Никогда больше Констанция не будет заливаться жалкими, беспомощными слезами в сырой от горя постели, позволяя другим решать собственную судьбу.
Со времен их давней встречи в Акре Бодуэн III из пухлого отрока превратился в высокого, плотного мужа. Кучерявая каштановая бородка оторачивала широкое лицо, а орлиный нос и светлые, чуть навыкате глаза придавали королю сходство с филином. Однако влюбчивую Изабо де Бретолио молодой венценосец пленил еще до того, как выговорили его титул.
Король пожелал взглянуть на фортификации Антиохии. Дородный Бодуэн легко поднимался на смотровые площадки, опережая тучного коннетабля княжества Готье Аршамбо, следом карабкалась свита, за знатными баронами взлетали на верхотуру и с полдюжины простых шевалье, среди которых Констанция узнала Рейнальда Шатильонского. Значит, красивый крестоносец выжил под Дамаском и во Францию не вернулся, остался служить в Иерусалиме.
Рыцари с мальчишеским любопытством заглядывали в каждую бойницу, наперебой обсуждали эффективность защиты укреплений с различных позиций.
– Мы используем жгут из конского волоса, – хвастался антиохийский коннетабль новой метательной машиной. – Сарацинская придумка, а теперь против них же и направлена.

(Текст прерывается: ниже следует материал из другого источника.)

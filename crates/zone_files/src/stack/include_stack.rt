//! The files that are open while a main file is expanded.
ghost use Rattle.std.specs.Prelude.{◌≡◌, ◌<◌, ◌≤◌, ◌+◌, ◌⊎◌, [], None, true, false, length, option_map, IfOk, IsNone, OnErr, OnOk};
ghost use Rattle.zone_files.specs.Expansion.{at_first, first_without};
ghost use Rattle.zone_files.specs.ExpandedLoader.{stopped};
ghost use Rattle.zone_files.specs.FileExpander.{HasFewerLines, IsOver, lines_left};
ghost use Rattle.zone_files.specs.IncludeStack.{BeginsInner, EndsInnermost, FeedsInnermost, MakesLines, StandsForFiles, fed_ended, file_name, main_alone, stop_line, wanted_name};
ghost use Rattle.zone_files.specs.Turns.{EndsFile, GoesAfterLines, TakesSome};
ghost use Rattle.zone_files.specs.Machine.Stacking.{EndsOutward, GivesOn, IsSameOrShorter, StopsText, TakesPart};
ghost use Rattle.zone_files.specs.declared.expansion.progress.FileStatus.TheVariants.{Ended, Failed, Generating, Going, Including};

use crate::expansion::{FileExpander, FileStatus};
use crate::fault_line::EntryPlace;
use crate::stack::line_sources::LineSources;
use std::alloc::{AllocError, Global};
use std::marker::Model;
use std::mem;
use zone_name::CasedName;

/// The master files that are open while a main file is expanded (RFC 1035 5.1): the main file, the
/// file that it includes, and so on to the innermost one, which is read. It opens no file: its caller
/// feeds the octets of the innermost one, and opens the file that [`IncludeStack::wanted`] names. Of
/// each file it keeps the entry that isn't ended, and no expanded text.
///
/// Contracts see the expanders of the files.
///
/// ```text
/// let mut stack = IncludeStack::new(alloc, None, "example.zone", &origin)?;
/// loop {
///     match stack.status() {
///         FileStatus::Going | FileStatus::Broken => .. feed the innermost file, or finish it ..
///         FileStatus::Including => .. open the file that is wanted, and begin_included ..
///         FileStatus::Generating => stack.generate(&mut out)?,
///         _ => break,
///     }
/// }
/// ```
#[derive(Drop)]
pub struct IncludeStack {
    alloc: Global,
    innermost: FileExpander,
    /// The files that wait for the innermost one, the main file first.
    outer: Vec<FileExpander>,
    lines: LineSources,
}

impl Model for IncludeStack {
    ghost use Rattle.std.specs.Prelude.{◌≡◌, reverse};
    ghost use Rattle.std.specs.List.{All};
    ghost use Rattle.zone_files.specs.FileExpander.{ExpanderState};
    ghost use Rattle.zone_files.specs.IncludeStack.{StackState};
    ghost use Rattle.zone_files.specs.declared.expansion.progress.FileStatus.TheVariants.{Including};

    ghost Value = { StackState };

    ghost view = { λ s. record { innermost = s.innermost; outer = reverse s.outer.items; next_line = s.lines.places.next } };

    ghost invariant = { λ s. All (λ (e : ExpanderState). e.status ≡ Including) s.outer.items };
}

impl IncludeStack {
    /// A main file alone, under the name by which it was opened and its origin, for files under a
    /// directory (`included_file_name`).
    ///
    /// # Errors
    ///
    /// `AllocError`.
    pub fn new(
        alloc: Global,
        directory: Option<&str>,
        name: &str,
        origin: &CasedName,
    ) -> Result<IncludeStack, AllocError>
        ensures stands { IfOk result (λ made. StandsForFiles made
            (at_first (option_map (λ folder. folder.now) directory.entry) name.now origin.now)
            main_alone []) }
        ensures going { IfOk result (λ made. made.innermost.status ≡ Going) }
        ensures alone { IfOk result (λ made. made.outer ≡ []) }
    {
        IncludeStack::without(alloc, &[], directory, name, origin)
    }

    /// A main file alone, of which the entries of these lines of the expanded text are taken out, as by
    /// [`FileExpander::without`].
    ///
    /// # Errors
    ///
    /// `AllocError`.
    pub fn without(
        alloc: Global,
        lines: &[u64],
        directory: Option<&str>,
        name: &str,
        origin: &CasedName,
    ) -> Result<IncludeStack, AllocError>
        ensures stands { IfOk result (λ made. StandsForFiles made (first_without lines.now
            (option_map (λ folder. folder.now) directory.entry) name.now origin.now)
            main_alone []) }
        ensures going { IfOk result (λ made. made.innermost.status ≡ Going) }
        ensures alone { IfOk result (λ made. made.outer ≡ []) }
    {
        Ok(IncludeStack {
            alloc,
            innermost: FileExpander::without(alloc, lines, directory, name, origin)?,
            outer: Vec::new(alloc),
            lines: LineSources::new(alloc, name)?,
        })
    }

    /// Takes the next piece of the innermost file, appends what is expanded of it, and returns the
    /// octets of the piece that are left: none where further pieces may come, or those after an
    /// `$INCLUDE`, a `$GENERATE` or a fault. After a fault the text ends with a line `$STOPPED`, and
    /// nothing is taken any more.
    ///
    /// The octets left after an `$INCLUDE` are to be fed once the included file has ended, and those
    /// after a `$GENERATE` once `generate` has appended its lines.
    ///
    /// # Errors
    ///
    /// `AllocError`. The stack has failed then, and `out` may have got some of the text.
    pub fn feed<'p>(&mut self, piece: &'p [u8], out: &mut Vec<u8>) -> Result<&'p [u8], AllocError>
        ensures feeds { IfOk result (λ left. FeedsInnermost self.old piece.now left.now self.new
            out.old.items out.new.items) }
        ensures all { IfOk result (λ left. (left.now ≡ []) ⊎ IsOver self.new.innermost.status) }
        ensures some { IfOk result
            (λ left. TakesSome self.old.innermost.status piece.now left.now) }
        ensures failed { OnErr result (self.new.innermost.status ≡ Failed) }
    {
        match self.feed_innermost(piece, out) {
            Ok(left) => Ok(left),
            Err(refused) => {
                self.innermost.fail();
                Err(refused)
            }
        }
    }

    /// Takes the end of the innermost file, and goes on with the file that includes it.
    ///
    /// # Errors
    ///
    /// `AllocError`. The stack has failed then, and `out` may have got some of the text.
    pub fn finish(&mut self, out: &mut Vec<u8>) -> Result<(), AllocError>
        ensures ends { OnOk result
            (EndsInnermost self.old self.new out.old.items out.new.items) }
        ensures last { OnOk result (EndsFile self.old.innermost self.new.innermost
            ⊎ (length self.new.outer < length self.old.outer)) }
        ensures failed { OnErr result (self.new.innermost.status ≡ Failed) }
    {
        match self.finish_innermost(out) {
            Ok(()) => Ok(()),
            Err(refused) => {
                self.innermost.fail();
                Err(refused)
            }
        }
    }

    /// Appends the next lines of the `$GENERATE` that was met, as [`FileExpander::generate`] does, up
    /// to the first with which 65,536 octets or more of lines are appended. Where the `$GENERATE` was
    /// the last entry of its file, the last call goes on with the file that includes it. It is called
    /// until the status is another than `Generating`. Where it is another already, nothing is done.
    ///
    /// Where its templates say nothing for a value, or the line isn't one entry, the text ends with a
    /// line `$STOPPED`.
    ///
    /// # Errors
    ///
    /// `AllocError`. The stack has failed then, and `out` may have got some of the lines.
    pub fn generate(&mut self, out: &mut Vec<u8>) -> Result<(), AllocError>
        ensures makes { OnOk result (MakesLines self.old self.new out.old.items out.new.items) }
        ensures after { OnOk result (self.old.innermost.status ≡ Generating
            → GoesAfterLines self.old.innermost self.new.innermost
            ⊎ (length self.new.outer < length self.old.outer)) }
        ensures failed { OnErr result (self.new.innermost.status ≡ Failed) }
    {
        match self.generate_innermost(out) {
            Ok(()) => Ok(()),
            Err(refused) => {
                self.innermost.fail();
                Err(refused)
            }
        }
    }

    /// The name of the file that comes first, where an `$INCLUDE` was met. It is to be opened under
    /// this name.
    pub fn wanted(&self) -> Option<&str>
        ensures { option_map (λ name. name.now) result ≡ wanted_name self.now }
    {
        match self.innermost.status() {
            FileStatus::Including => self.innermost.included(),
            _ => None,
        }
    }

    /// Begins with the file that is wanted, which was opened: it is the innermost one from here on.
    /// `false`: no file is wanted, or 10,000 files were included, after which none is; then nothing
    /// is changed.
    ///
    /// # Errors
    ///
    /// `AllocError`. The stack has failed then.
    pub fn begin_included(&mut self) -> Result<bool, AllocError>
        ensures begun { IfOk result (λ begun. begun ≡ true → BeginsInner self.old self.new) }
        ensures none { IfOk result (λ begun. begun ≡ false → (self.new ≡ self.old)
            × ((wanted_name self.old ≡ None) ⊎ (10000 ≤ self.old.innermost.holds.opened))) }
        ensures failed { OnErr result (self.new.innermost.status ≡ Failed) }
    {
        match self.begin_inner() {
            Ok(begun) => Ok(begun),
            Err(refused) => {
                self.innermost.fail();
                Err(refused)
            }
        }
    }

    /// How many files wait for the innermost one: none while that is the main file.
    pub fn outer_files(&self) -> usize
        ensures { result ≡ length self.now.outer }
    {
        self.outer.len()
    }

    /// The name under which the innermost file was opened, which is read.
    pub fn innermost_name(&self) -> Option<&str>
        ensures { option_map (λ name. name.now) result ≡ file_name self.now.innermost.holds }
    {
        self.innermost.file_name()
    }

    /// How many lines come first, if the templates say something for each value: none where no
    /// `$GENERATE` was met.
    pub(crate) fn lines_left(&self) -> u64
        ensures { result ≡ lines_left self.now.innermost.generated }
    {
        self.innermost.lines_left()
    }

    /// How many files were included so far.
    pub(crate) fn included_files(&self) -> u64
        ensures { result ≡ self.now.innermost.holds.opened }
    {
        self.innermost.included_files()
    }

    /// The line of the expanded text that comes next, from 1.
    pub fn next_line(&self) -> u64
        ensures { result ≡ self.now.next_line }
    {
        self.lines.next_line()
    }

    /// Where a line of the expanded text comes from. `None`: it is no line of the text so far, which may
    /// end inside the line that comes next.
    pub fn place_of(&self, line: u64) -> Option<EntryPlace<'_>>
        ensures { self.now.next_line < line → IsNone result }
    {
        if line > self.lines.next_line() {
            return None;
        }
        self.lines.place_of(line)
    }

    /// Where the last line of the expanded text comes from: the entry with a fault that has ended the
    /// text, with the value for which a `$GENERATE` has no line, or the `$INCLUDE` of the file that is wanted.
    pub fn last_place(&self) -> Option<EntryPlace<'_>> {
        self.lines.place_of(self.lines.last_line())
    }

    /// The `$INCLUDE` of the innermost file. `None`: that is the main file.
    pub fn include_place(&self) -> Option<EntryPlace<'_>> {
        if self.outer.is_empty() {
            return None;
        }
        self.lines.place_of(self.lines.origin_line())
    }

    /// How far the expansion has come: that of the innermost file, and `Ended`, `BrokenOff`, `Faulty`
    /// and `FaultyAt` where the whole text has ended.
    pub fn status(&self) -> FileStatus
        ensures { result ≡ self.now.innermost.status }
    {
        self.innermost.status()
    }
}
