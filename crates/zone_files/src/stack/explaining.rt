//! The number of records of sources that are read.
ghost use Rattle.std.specs.Prelude.{IfErr, IfOk, IfSome};
ghost use Rattle.zone_engine.specs.Normalise.{IsOfReading};
ghost use Rattle.zone_files.specs.Loading.Reading.{ReadsSource, source_of};
ghost use Rattle.zone_files.specs.Normalise.{CountsSource};

use crate::loading::{PresentationRefusal, SourceForm, accepted_source};
use std::alloc::Global;
use zone_engine::OctetReader;

/// The number of the records of the zone that the reader's octets denote: a master file (RFC 1035 5)
/// or a zone transfer (RFC 5936 2.2). The reader is read to its end, or to the octet after
/// [`TEXT_LIMIT`], in pieces.
///
/// # Errors
///
/// `Refused` where they denote none, with the fault and the place, and the entry at fault where its
/// items state no data of its further type; `Read` where the reader failed, which isn't called
/// again; `Memory`.
///
/// [`TEXT_LIMIT`]: zone_print::TEXT_LIMIT
pub fn explain_source<R: OctetReader>(
    alloc: Global,
    form: SourceForm<'_>,
    reader: &mut R,
) -> Result<u64, PresentationRefusal>
    ensures counted { IfOk result (λ count. IfSome (R.state reader.old).octets (λ octets.
        CountsSource (source_of form.entry octets) count)) }
    ensures stopped { IfErr result (λ refusal. IsOfReading refusal.stop) }
    ensures read { ReadsSource (source_of form.entry)
        (R.state reader.old) (R.state reader.new) result }
{
    match accepted_source(alloc, form, reader) {
        Ok(zone) => Ok(zone.len()),
        Err(refusal) => Err(refusal),
    }
}
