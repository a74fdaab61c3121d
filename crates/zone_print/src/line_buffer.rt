ghost use Rattle.std.specs.Prelude.{◌≡◌, [], ◌++◌, length, IfOk, IfSome, OnOk};
ghost use Rattle.zone_name.specs.Text.{name_text};
ghost use Rattle.zone_print.specs.Canonical.{line};
ghost use Rattle.zone_print.specs.Machine.Middle.{HoldsMiddle};
ghost use Rattle.zone_rdata.specs.Lent.{record_of};

use crate::line::{push_before_kind, push_data, push_kind};
use crate::text_buffer::TextBuffer;
use std::alloc::{AllocError, Global};
use std::marker::Model;
use zone_name::{NameRef, Sink};
use zone_rdata::{Class, Kind, RrRef};

/// What a line may have in common with the next one.
#[derive(Drop)]
struct Head<'z> {
    owner: NameRef<'z>,
    ttl: u32,
    class: Class,
    kind: Kind,
}

/// Lines that are gathered. What a line has in common with the one before it is copied.
#[derive(Drop)]
pub(crate) struct LineBuffer<'z> {
    octets: TextBuffer,
    /// The last line's; `None` where `owner` and `middle` are those of no line.
    last: Option<Head<'z>>,
    /// The text of its owner.
    owner: TextBuffer,
    /// What stands between its owner and its data.
    middle: TextBuffer,
    /// How many octets of that stand before the type.
    before_kind: usize,
}

impl<'z> Model for LineBuffer<'z> {
    ghost use Rattle.std.specs.Prelude.{◌≡◌, List, ℕ, IfSome};
    ghost use Rattle.zone_name.specs.Text.{name_text};
    ghost use Rattle.zone_print.specs.Machine.Middle.{HoldsMiddle};

    ghost Value = { List ℕ };

    ghost view = { λ b. b.octets };

    ghost invariant = { λ b. IfSome b.last (λ h. (b.owner ≡ name_text h.owner)
        × HoldsMiddle b.middle b.before_kind h.ttl h.class h.kind) };
}

impl<'z> LineBuffer<'z> {
    /// No line.
    pub(crate) fn new(alloc: Global) -> LineBuffer<'z>
        ensures { result ≡ [] }
    {
        LineBuffer {
            octets: TextBuffer::new(alloc),
            last: None,
            owner: TextBuffer::new(alloc),
            middle: TextBuffer::new(alloc),
            before_kind: 0,
        }
    }

    /// No line, with room for lines of so many octets.
    ///
    /// # Errors
    ///
    /// Want of memory.
    pub(crate) fn with_capacity(alloc: Global, len: usize) -> Result<LineBuffer<'z>, AllocError>
        ensures { IfOk result (λ buffer. buffer ≡ []) }
    {
        Ok(LineBuffer {
            octets: TextBuffer::with_capacity(alloc, len)?,
            last: None,
            owner: TextBuffer::new(alloc),
            middle: TextBuffer::new(alloc),
            before_kind: 0,
        })
    }

    /// The lines, which are owned from then on.
    pub(crate) fn into_octets(self) -> Vec<u8>
        ensures { result.items ≡ self.entry }
    {
        self.octets.into_octets()
    }

    /// The lines.
    pub(crate) fn as_slice(&self) -> &[u8]
        ensures value { result.now ≡ self.now }
    {
        self.octets.as_slice()
    }

    /// How many octets the lines have.
    pub(crate) fn len(&self) -> usize
        ensures { result ≡ length self.now }
    {
        self.octets.len()
    }

    /// Drops the lines.
    pub(crate) fn clear(&mut self)
        ensures items { self.new ≡ [] }
    {
        self.octets.clear();
    }

    /// Appends the record's line.
    ///
    /// # Errors
    ///
    /// Want of memory. A prefix of the line may have been appended.
    pub(crate) fn push_record(&mut self, rr: RrRef<'z>) -> Result<(), AllocError>
        ensures { OnOk result (self.new ≡ self.old ++ line (record_of rr.entry)) }
    {
        let (owner, middle) = (&mut self.owner, &mut self.middle);
        match hold_head(owner, middle, self.before_kind, &self.last, &rr) {
            Ok(before_kind) => self.before_kind = before_kind,
            Err(refused) => {
                self.last = None;
                return Err(refused);
            }
        }
        self.last = Some(Head {
            owner: rr.owner.copy(),
            ttl: rr.ttl,
            class: rr.class,
            kind: rr.kind,
        });
        self.octets.push(self.owner.as_slice())?;
        self.octets.push(self.middle.as_slice())?;
        push_data(&mut self.octets, &rr)
    }
}

/// Makes the texts the record's owner and what stands between that and its data, and tells how many
/// octets of this stand before the type.
fn hold_head(
    owner: &mut TextBuffer,
    middle: &mut TextBuffer,
    before_kind: usize,
    last: &Option<Head>,
    rr: &RrRef,
) -> Result<usize, AllocError>
    requires owner { IfSome last.now (λ last. owner.old ≡ name_text last.owner) }
    requires middle { IfSome last.now (λ last.
        HoldsMiddle middle.old before_kind last.ttl last.class last.kind) }
    ensures owner { OnOk result (owner.new ≡ name_text rr.now.owner) }
    ensures middle { IfOk result (λ n.
        HoldsMiddle middle.new n rr.now.ttl rr.now.class rr.now.kind) }
{
    hold_owner(owner, last, rr)?;
    hold_middle(middle, before_kind, last, rr)
}

/// Makes the text that of the record's owner, where it isn't already the last one's.
fn hold_owner(text: &mut TextBuffer, last: &Option<Head>, rr: &RrRef) -> Result<(), AllocError>
    requires { IfSome last.now (λ last. text.old ≡ name_text last.owner) }
    ensures { OnOk result (text.new ≡ name_text rr.now.owner) }
{
    if let Some(last) = last {
        if last.owner.is_same(&rr.owner) {
            return Ok(());
        }
    }
    text.clear();
    rr.owner.print(text)
}

/// Makes the text what stands between the record's owner and its data, and tells how many octets
/// of it stand before the type. What is already the last one's stays.
#[tactic(auto, using(crate::proofs::Lines::middle_kept))]
fn hold_middle(
    text: &mut TextBuffer,
    before_kind: usize,
    last: &Option<Head>,
    rr: &RrRef,
) -> Result<usize, AllocError>
    requires { IfSome last.now (λ last.
        HoldsMiddle text.old before_kind last.ttl last.class last.kind) }
    ensures { IfOk result (λ n.
        HoldsMiddle text.new n rr.now.ttl rr.now.class rr.now.kind) }
{
    if let Some(last) = last {
        if last.ttl == rr.ttl && last.class == rr.class {
            if last.kind == rr.kind {
                return Ok(before_kind);
            }
            text.truncate(before_kind);
            push_kind(text, rr)?;
            return Ok(before_kind);
        }
    }
    text.clear();
    push_before_kind(text, rr)?;
    let before_kind = text.len();
    push_kind(text, rr)?;
    Ok(before_kind)
}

Ни в одной крепости таких нет!
– В Иерусалиме мы такую барабаллисту с противовесом построили, из нее в гвоздь попасть можно!
Бодуэн с азартом чертил на сухой земле строение необыкновенной метательной машины, пробовал на прочность лестницы, исследовал конструкцию системы блоков, созданную по описаниям древнеримского инженера Витрувия, промерял глубину рвов, вертел лебедки, шкивы и подъемные колеса, увлеченно обсуждал со строителями тонкости подрывов фортификаций.
Констанция в черном вдовьем одеянии молча тащилась вслед за баронами по раскаленным нещадным июльским солнцем куртинам, с терпением великомученицы наблюдала, как рычаг толленона возносил воинов в огромной корзине на вершину стены, с кротостью святой выслушивала нескончаемые диспуты мужчин о способах засыпки рвов и ударной силе камнеметов. Ее поддерживал только каркас долга и гордости, крепкий, как доспех на немощном старике, как пыточная клетка на сломленном узнике, как лиф на щуплой даме Филомене.
Посреди крутой, узкой лестницы Изабо оказалась перед королем и изящно оступилась. Но не успел галантный Бодуэн подхватить слабую прелестницу, как она очутилась в объятиях какого-то седоусого, бритого налысо рыцаря, обрадованно загудевшего:
– Мадам, осторожнее, обопритесь на мою руку! Никогда Бартоломео не допустит, чтобы хорошенькая женщина упала в его присутствии! Разве что она ожидает, чтобы Бартоломео сверху упал! – рыцарь треснул себя по ляжке и закатился оглушительным хохотом.